I am using Mutect to call somatic variants in my sample from a known EGFR mutant patient. I find that the EGFR mutation is rejected by mutect. The extended output gave the reason being "alt_allele_in_normal". I see 5 reads out of total 153 reads in the normal supporting the variant allele (which could also be due to tumor contamination in the normal). I want this mutation to be called as somatic. What parameters do I change during the mutect run ? I have attached the extended output for you to have a look.
Also is there place where I can find all the options which can be used in mutect run and the default values. Further I would like to know the default values for read count, allele frequencies cut offs in mutect used for calling variants in tumor and normal. The help menu of mutect (with -h option) does not give these and also the --enable-extended-output option doesn't appear in the help menu (found it in one of the threads so could use it). Is there a location where there is better documentation of all the parameters of mutect ?


  • rnaharrnahar SingaporeMember

    Ok I was able to call it as somatic by giving different values to the following parameters --max_alt_alleles_in_normal_count 6 --max_alt_allele_in_normal_fraction 0.05 --max_alt_alleles_in_normal_qscore_sum 200
    However knowing the default values for all the muTect parameters would be quite helpful.

  • I agree with Rahul, that a listing of default parameters should be very informative to start understanding the output.

  • Geraldine_VdAuweraGeraldine_VdAuwera Cambridge, MAMember, Administrator, Broadie admin

    Hi folks,

    We are in the process of consolidating support for MuTect and GATK, and we plan to produce the same comprehensive tool documentation (with detailed lists of arguments and their default values) for MuTect as there is already for GATK (see here for examples). Hopefully that will help with this type of problem.

  • amitmamitm Manchester, UKMember

    hi Geraldine,
    Is the documentation for MuTect coming out soon?

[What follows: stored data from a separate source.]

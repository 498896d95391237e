// Document 01, "Names, cells, protected registers": refusals 8 to 12 of a text but for the layout's, in one loop along the tape.
#![tactic(auto)]

ghost use Rattle.std.specs.Prelude.{◌≡◌, List, Bool, ℕ, ◌+◌, ◌-◌, ◌/◌, ◌≤◌, ◌<◌, length, get_or};
ghost use Rattle.tape.specs.Pass.{pass};
ghost use Rattle.ledger.specs.Book.{wide_of, thin_of};
ghost use Rattle.ledger.specs.Bounds.{blocks_open, Nested};
ghost use Rattle.scopes.specs.Broken.{◌⊕◌};
ghost use Rattle.static_rules.specs.Meaning.{Based};
ghost use Rattle.static_rules.specs.Tables.{Tables, meaning_at};
ghost use Rattle.static_rules.specs.Rules.{register_rule, zero_rule, operand_rules};
ghost use Rattle.tables.specs.Packed.{number_in, unpacked};
ghost use Rattle.tables.specs.Stacks.{stack_of};
ghost use Rattle.rules.specs.Parts.{designator_at, operand_at};
ghost use Rattle.rules.specs.Shows.{Listed, Shown};
ghost use Rattle.judge.specs.Along.{enter_block, leave_block, keep_base, keep_return, leave_procedure, held_after, cells_after, value_rule, aim_of, open_after, register_target, aim_by, control_by, sign_rule, first_rules, chain_rule, declaration_rule, assignment_rule, statement_rule, event_rule, judge_event, beginning, held_of, Moved, Stays};

use arrays::{kind, put_wide};
use ledger::{meaning, put_offset, value};
use rules::{
    argued_rules, base_rules, call_rules, counted_rules, element_rules, is_bare, no_byte,
    only_register, operand_rules, register_rule, taken_rules, term_rules, used_register,
    write_rule,
};
use scopes::{Broken, Refusal, join, join_to, rule};
use tables::{is_cell, is_register, number, register, top};
use tape::{family, layer};

// What the cells that follow are, how wide and of how many elements, and for how many more values the last has room.
#[derive(Clone, Copy)]
pub struct Cells {
    pub width: u32,
    pub elements: u64,
    pub room: u64,
}

// What an assignment goes to, by what its target means: a cell, a register, or what it cannot go to, and is not judged further.
#[derive(Clone, Copy)]
pub enum Target {
    Unfit,
    Cell,
    Register(usize),
}

// What stands open in a statement: the target of an assignment; the token of a use's name and how many arguments it has had.
#[derive(Clone, Copy)]
pub struct Open {
    pub target: Target,
    pub name: usize,
    pub position: usize,
}

// How many registers are protected, how many of them are bases of the innermost block, and how many blocks are open.
#[derive(Clone, Copy)]
pub struct Depths {
    pub kept: usize,
    pub count: usize,
    pub counts: usize,
}

// ── the protected registers ──

fn enter_block(counts: &mut [u64], d: Depths) -> Depths
    requires { d.counts < length counts.old }
    ensures { (kept : List ℕ) → Moved (enter_block (held_of kept counts.old d)) kept counts.new d result }
{
    put_wide(counts, d.counts, d.count as u64);
    Depths {
        count: 0,
        counts: d.counts + 1,
        ..d
    }
}

fn leave_block(counts: &[u64], d: Depths) -> Depths
    ensures { (kept : List ℕ) → Moved (leave_block (held_of kept counts.now d)) kept counts.now d result }
{
    Depths {
        kept: d.kept.saturating_sub(d.count),
        count: top(counts, d.counts) as usize,
        counts: d.counts.saturating_sub(1),
    }
}

fn keep_base(wide: &mut [u64], r: u64, d: Depths) -> Depths
    requires { (d.kept < length (wide_of wide.old).offsets) × ((d.kept ≤ 4294967296) × (d.count < 4294967296)) }
    ensures { ((counts : List ℕ)
        → Moved (keep_base r (held_of (wide_of wide.old).offsets counts d)) (wide_of wide.new).offsets counts d result)
        × Stays (wide_of wide.old) (wide_of wide.new) }
{
    put_offset(wide, d.kept, r);
    Depths {
        kept: d.kept + 1,
        count: d.count + 1,
        ..d
    }
}

fn keep_return(wide: &mut [u64], r: u64, d: Depths) -> Depths
    requires { (d.kept < length (wide_of wide.old).offsets) × (d.kept ≤ 4294967296) }
    ensures { ((counts : List ℕ)
        → Moved (keep_return r (held_of (wide_of wide.old).offsets counts d)) (wide_of wide.new).offsets counts d result)
        × Stays (wide_of wide.old) (wide_of wide.new) }
{
    put_offset(wide, d.kept, r);
    Depths {
        kept: d.kept + 1,
        ..d
    }
}

fn leave_procedure(d: Depths) -> Depths
    ensures { (kept counts : List ℕ) → Moved (leave_procedure (held_of kept counts d)) kept counts d result }
{
    Depths {
        kept: d.kept.saturating_sub(1),
        ..d
    }
}

fn held_after(
    op: u32,
    t: usize,
    wide: &mut [u64],
    thin: &[u16],
    counts: &mut [u64],
    d: Depths,
) -> Depths
    requires { (t < 4294967296) × ((d.kept < length (wide_of wide.old).offsets)
        × ((d.kept ≤ 4294967296) × ((d.count < 4294967296) × (blocks_open op d.counts ≤ length counts.old)))) }
    ensures { ((f : Tables) → Listed f (wide_of wide.old) (thin_of thin.now)
        → Moved (held_after f op t (held_of (wide_of wide.old).offsets counts.old d)) (wide_of wide.new).offsets counts.new d result)
        × Stays (wide_of wide.old) (wide_of wide.new) }
{
    if op == tape::BLOCK {
        return enter_block(counts, d);
    }
    if op == tape::END_BLOCK {
        return leave_block(counts, d);
    }
    if op == tape::BASE {
        let r = register(meaning(wide, thin, t));
        return keep_base(wide, r, d);
    }
    if op == tape::PROCEDURE {
        let r = register(meaning(wide, thin, t + 2));
        return keep_return(wide, r, d);
    }
    if op == tape::END_PROCEDURE {
        return leave_procedure(d);
    }
    d
}

// ── cells and their values ──

fn cells_after(op: u32, t: usize, wide: &[u64], c: Cells) -> Cells
    ensures { (f : Tables) → f.values ≡ (wide_of wide.now).values → result ≡ cells_after f op t c }
{
    let k = family(op);
    let width = tape::form(op);
    if k == tape::SINGLE_FULL {
        return Cells {
            width,
            elements: 1,
            ..c
        };
    }
    if k == tape::ARRAY_FULL {
        return Cells {
            width,
            elements: value(wide, t),
            ..c
        };
    }
    if op == tape::ITEM {
        return Cells {
            room: c.elements,
            ..c
        };
    }
    if op == tape::VALUE {
        return Cells {
            room: c.room.saturating_sub(1),
            ..c
        };
    }
    c
}

// "A value for a short cell has signed value -32768 to 65535"; of byte cells "initial values 0 to 255".
fn value_rule(c: Cells, v: u64, t: usize) -> Option<Broken>
    ensures { result ≡ value_rule c v t }
{
    if c.room == 0 {
        return Refusal::OutOfBounds.at(t);
    }
    if c.width == tape::FULL {
        return None;
    }
    if c.width == tape::SHORT {
        return rule((v <= 65535) | (4294934528 <= v), Refusal::OutOfBounds, t);
    }
    rule(v <= 255, Refusal::OutOfBounds, t)
}

// ── what stands open in a statement ──

fn aim_of(m: u64) -> Target
    ensures { (n : ℕ) (b : Based) → result ≡ aim_of (unpacked n m b) }
{
    if is_register(m) {
        return Target::Register(number(m) as usize);
    }
    if is_cell(m) {
        return Target::Cell;
    }
    Target::Unfit
}

fn open_after(op: u32, t: usize, wide: &[u64], thin: &[u16], o: Open) -> Open
    requires { o.position < 4294967296 }
    ensures { (f : Tables) → Listed f (wide_of wide.now) (thin_of thin.now) → result ≡ open_after f op t o }
{
    let k = family(op);
    if (k == tape::TARGET) | (k == tape::CONTROL) {
        return Open {
            target: aim_of(meaning(wide, thin, t)),
            ..o
        };
    }
    if op == tape::APPLIED {
        return Open {
            name: t,
            position: 0,
            ..o
        };
    }
    if k == tape::ARGUED {
        let position = o.position + 1;
        return Open { position, ..o };
    }
    o
}

// A register that a whole chain goes to.
fn register_target(shape: u32, wide: &[u64], depth: usize, m: u64, t: usize) -> Option<Broken>
    ensures { result ≡ register_target (stack_of (wide_of wide.now).offsets depth) (designator_at shape t) (number_in m) }
{
    let bare = rule(is_bare(shape), Refusal::Misfit, t);
    join(bare, write_rule(wide, depth, number(m), t))
}

fn aim_rules(shape: u32, wide: &[u64], thin: &[u16], depth: usize, t: usize) -> Option<Broken>
    requires { t < 4294967296 }
    ensures { (f : Tables) → Listed f (wide_of wide.now) (thin_of thin.now)
        → result ≡ aim_by f (stack_of (wide_of wide.now).offsets depth) (designator_at shape t) (meaning_at f t) }
{
    let m = meaning(wide, thin, t);
    if is_register(m) {
        return register_target(shape, wide, depth, m, t);
    }
    if is_cell(m) {
        let fits = element_rules(shape, m, wide, thin, t);
        return join(fits, no_byte(wide, thin, t));
    }
    Refusal::Misfit.at(t)
}

fn control_rules(shape: u32, wide: &[u64], thin: &[u16], depth: usize, t: usize) -> Option<Broken>
    ensures { (f : Tables) → Listed f (wide_of wide.now) (thin_of thin.now)
        → result ≡ control_by (stack_of (wide_of wide.now).offsets depth) (designator_at shape t) (meaning_at f t) }
{
    let m = meaning(wide, thin, t);
    if is_register(m) {
        return register_target(shape, wide, depth, m, t);
    }
    Refusal::Misfit.at(t)
}

fn sign_rule(target: Target, t: usize) -> Option<Broken>
    ensures { result ≡ sign_rule target t }
{
    match target {
        Target::Unfit => None,
        Target::Cell => Refusal::Misfit.at(t),
        Target::Register(_) => None,
    }
}

fn first_rules(target: Target, shape: u32, wide: &[u64], thin: &[u16], t: usize) -> Option<Broken>
    requires { t < 4294967296 }
    ensures { (f : Tables) → Listed f (wide_of wide.now) (thin_of thin.now) → result ≡ first_rules f target (operand_at shape t) }
{
    match target {
        Target::Unfit => None,
        Target::Cell => only_register(shape, wide, thin, t),
        Target::Register(_) => operand_rules(shape, wide, thin, t),
    }
}

fn chain_rule(
    target: Target,
    shape: u32,
    kinds: &[u8],
    wide: &[u64],
    thin: &[u16],
    depth: usize,
    t: usize,
) -> Option<Broken>
    requires { t < 4294967296 }
    ensures { (f : Tables) → Shown f kinds.now (wide_of wide.now) (thin_of thin.now)
        → result ≡ chain_rule f (stack_of (wide_of wide.now).offsets depth) target shape t }
{
    let operator = t.saturating_sub(1);
    match target {
        Target::Unfit => None,
        Target::Cell => Refusal::Misfit.at(operator),
        Target::Register(r) => {
            let k = kind(kinds, operator);
            term_rules(k, shape, wide, thin, depth, r, t)
        }
    }
}

// ── an event ──

// "array count not 1 to 2,048"
const MOST_ELEMENTS: u64 = 2048;

fn declaration_rule(
    op: u32,
    t: usize,
    wide: &[u64],
    thin: &[u16],
    depth: usize,
    c: Cells,
) -> Option<Broken>
    requires { t < 4294967296 }
    ensures { (f : Tables) → Listed f (wide_of wide.now) (thin_of thin.now)
        → result ≡ declaration_rule f (stack_of (wide_of wide.now).offsets depth) c op t }
{
    let k = family(op);
    if op == tape::REGISTER {
        return rule(value(wide, t + 2) <= 15, Refusal::WrongRegister, t + 2);
    }
    if k == tape::ARRAY_FULL {
        let v = value(wide, t);
        return rule((1 <= v) & (v <= MOST_ELEMENTS), Refusal::OutOfBounds, t);
    }
    if op == tape::VALUE {
        return value_rule(c, value(wide, t), t);
    }
    if op == tape::BASE {
        return base_rules(wide, thin, depth, t);
    }
    if op == tape::PROCEDURE {
        return used_register(wide, thin, t + 2);
    }
    None
}

fn assignment_rule(
    op: u32,
    t: usize,
    kinds: &[u8],
    wide: &[u64],
    thin: &[u16],
    depth: usize,
    target: Target,
) -> Option<Broken>
    requires { t < 4294967296 }
    ensures { (f : Tables) → Shown f kinds.now (wide_of wide.now) (thin_of thin.now)
        → result ≡ assignment_rule f (stack_of (wide_of wide.now).offsets depth) target op t }
{
    let k = family(op);
    let shape = tape::form(op);
    if k == tape::TARGET {
        return aim_rules(shape, wide, thin, depth, t);
    }
    if k == tape::CONTROL {
        return control_rules(shape, wide, thin, depth, t);
    }
    if k == tape::FIRST {
        return first_rules(target, shape, wide, thin, t);
    }
    if k == tape::TERM {
        return chain_rule(target, shape, kinds, wide, thin, depth, t);
    }
    if (op == tape::ABS) | ((op == tape::NEG) | (op == tape::NEG_ABS)) {
        return sign_rule(target, t);
    }
    None
}

// The register of a condition stands two tokens before its operand.
fn compared_rules(shape: u32, wide: &[u64], thin: &[u16], t: usize) -> Option<Broken>
    requires { t < 4294967296 }
    ensures { (f : Tables) → Listed f (wide_of wide.now) (thin_of thin.now)
        → result ≡ register_rule f (t - 2) ⊕ operand_rules f (operand_at shape t) }
{
    let n = t.saturating_sub(2);
    let compared = register_rule(meaning(wide, thin, n), n);
    join(compared, operand_rules(shape, wide, thin, t))
}

fn statement_rule(
    op: u32,
    t: usize,
    kinds: &[u8],
    wide: &[u64],
    thin: &[u16],
    depth: usize,
    o: Open,
) -> Option<Broken>
    requires { t < 4294967296 }
    ensures { (f : Tables) → Shown f kinds.now (wide_of wide.now) (thin_of thin.now)
        → result ≡ statement_rule f (stack_of (wide_of wide.now).offsets depth) o op t }
{
    let k = family(op);
    if k == tape::COMPARED {
        return compared_rules(tape::form(op), wide, thin, t);
    }
    if k == tape::LIMIT {
        return operand_rules(tape::form(op), wide, thin, t);
    }
    if op == tape::CALL {
        return call_rules(wide, thin, depth, t);
    }
    if k == tape::ARGUED {
        return argued_rules(o.name, o.position, tape::form(op), wide, thin, depth, t);
    }
    if op == tape::COUNTED {
        return counted_rules(wide, thin, t, o.position);
    }
    if op == tape::CHOSEN {
        return taken_rules(wide, thin, depth, t);
    }
    assignment_rule(op, t, kinds, wide, thin, depth, o.target)
}

fn event_rule(
    op: u32,
    t: usize,
    kinds: &[u8],
    wide: &[u64],
    thin: &[u16],
    depth: usize,
    c: Cells,
    o: Open,
) -> Option<Broken>
    requires { t < 4294967296 }
    ensures { (f : Tables) → Shown f kinds.now (wide_of wide.now) (thin_of thin.now)
        → result ≡ event_rule f (stack_of (wide_of wide.now).offsets depth) c o op t }
{
    if layer(op) == tape::PHRASE {
        return statement_rule(op, t, kinds, wide, thin, depth, o);
    }
    declaration_rule(op, t, wide, thin, depth, c)
}

// ── the tape ──

// The broken rule of a tape that is answered, by the tables of its tokens, with what else is broken in the text. The protected registers stand in the column
// of offsets, which is not yet in use.
pub fn judge(
    tape: &[u32],
    kinds: &[u8],
    wide: &mut [u64],
    thin: &[u16],
    counts: &mut [u64],
    others: Option<Broken>,
) -> Option<Broken>
    requires { (length tape.now < 4294967296) × ((length tape.now + 2 ≤ length wide.old / 4) × Nested (length counts.old) 0 0 tape.now) }
    ensures { ((f : Tables) → Shown f kinds.now (wide_of wide.old) (thin_of thin.now)
        → result ≡ (pass (judge_event f) (beginning others) tape.now).broken) × Stays (wide_of wide.old) (wide_of wide.new) }
{
    put_offset(wide, 0, 14);
    put_offset(wide, 1, 15);
    let mut d = Depths {
        kept: 2,
        count: 0,
        counts: 0,
    };
    let mut c = Cells {
        width: tape::FULL,
        elements: 0,
        room: 0,
    };
    let mut o = Open {
        target: Target::Unfit,
        name: 0,
        position: 0,
    };
    let mut least = others;
    for e in tape {
        let op = tape::op(*e);
        let t = tape::token(*e);
        join_to(
            &mut least,
            event_rule(op, t, kinds, wide, thin, d.kept, c, o),
        );
        d = held_after(op, t, wide, thin, counts, d);
        c = cells_after(op, t, wide, c);
        o = open_after(op, t, wide, thin, o);
    }
    least
}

I am processing a lot of tumor normal pairs and to rerun them in future (when I get to know the tune-able parameters from the documentation) would be troublesome. A list of the parameters with their default values would be really useful, even without a detailed doc. like GATK.
    The java -jar help flag is not of much help.
    many thanks,

  • Geraldine_VdAuweraGeraldine_VdAuwera Cambridge, MAMember, Administrator, Broadie admin

    Hi @amitm,

    Working on it now -- hopefully we'll get something out within another week or two.

  • teamcoopteamcoop Ontario, CanadaMember

    I look forward greatly to the forthcoming documentation. For now, just a note that you can get a list of all available MuTect command line parameters by running java -jar mutect.jar -T MuTect --help.

    I believe that if you run MuTect without specifying anything beyond the required command line you can extract default parameter values from the VCF output, i.e. from the field labeled ##MuTect="...". If those are not the actual parameter values used by MuTect, then someone please correct me.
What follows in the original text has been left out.